A 2011 Interview With Neil Armstrong

UPDATE: I’m aware the video is no longer available. I will be looking for an alternateive source. If I do not find one, this article will stay in this state until such a time as I do.

48 Years ago today, on July 20th, 1969, Neil Armstrong and Buzz Aldrin landed on the Moon as part of the Apollo 11 mission. There is a massive amount of information I could share about this event, and of course I’m saving much of it for the 2019 50th anniversary, so that will just have to wait.

What I will share today, though, while I have an opportunity, is this interview with Neil Armstrong from 2011, filmed about a year before his death, where he discusses some of his life, his military career, and most critically a synopsis of the Apollo program leading up to his mission.

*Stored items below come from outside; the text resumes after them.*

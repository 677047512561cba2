use std::collections::LinkedList;
use std::snapshot::Snapshot;

/// An entry with its reply, and the machine behind it.
pub struct Event<M, E, R> {
    pub entry: E,
    pub reply: R,
    pub behind: M,
}

/// What a pass knows: the opening machine, the history that it has seen, the positions of its own calls in it,
/// the number that its last call read, its parts, and whether it leads. No value of it is made.
pub struct Known<M, E, R> {
    pub opening: Option<M>,
    pub seen: LinkedList<Event<M, E, R>>,
    pub own: LinkedList<u64>,
    pub number: u64,
    pub parts: u32,
    pub leads: bool,
}

/// Where a pass is in a call, with its ticket, and with the machine that it has to put back.
pub enum Standing<M> {
    Idle,
    Looked,
    Waits(u64),
    Turn(u64, M),
    Recorded(u64, M),
}

/// The view of a seat: what its pass knows, the shorter of the two histories that it joined last, what the one of the two
/// that leads had seen, and where it is in a call.
pub struct View<M, E, R> {
    pub known: Known<M, E, R>,
    pub told: LinkedList<Event<M, E, R>>,
    pub mark: LinkedList<Event<M, E, R>>,
    pub stage: Standing<M>,
}

/// The place of the machine, which lies behind a pointer, with the call that it just answered.
pub struct Slot<M, E, R> {
    pub machine: Option<Box<M>>,
    pub entry: Option<Snapshot<E>>,
    pub reply: Option<Snapshot<R>>,
}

This of course includes the Apollo 1 fire, the story of why Apollo 8 went around the Moon as it did, and the eventual decision that Apollo 11 would be the first attempt at a lunar landing.

Details of how it was to fly in the Saturn V, what the actual act of flying to the Moon is like, the landing and the return, and the troubles of living in space – things you don’t think about, but things that hearing about them from the people who lived it make the events more vivid to imagine.

Towards the end is Neil narrating video of the landing synced with modern imagery of the Moon and the Apollo 11 landing site. It’s fascinating to watch and hear him discuss, as well as compare the modern imagery to the 1969 film taken from the Lunar Module.

In the end Neil talks about the future path NASA is taking, but only vaguely – this is back when the Constellation program was still underway, before the change to the SLS and modern Orion program, but that’s another story.

On a final note, I love the commentary the interviewer, Alex Malley, makes at the end of the interview. It seems he, like so many others who care about the “golden age” of space travel see it the right way – as humans accomplishing these goals for humanity.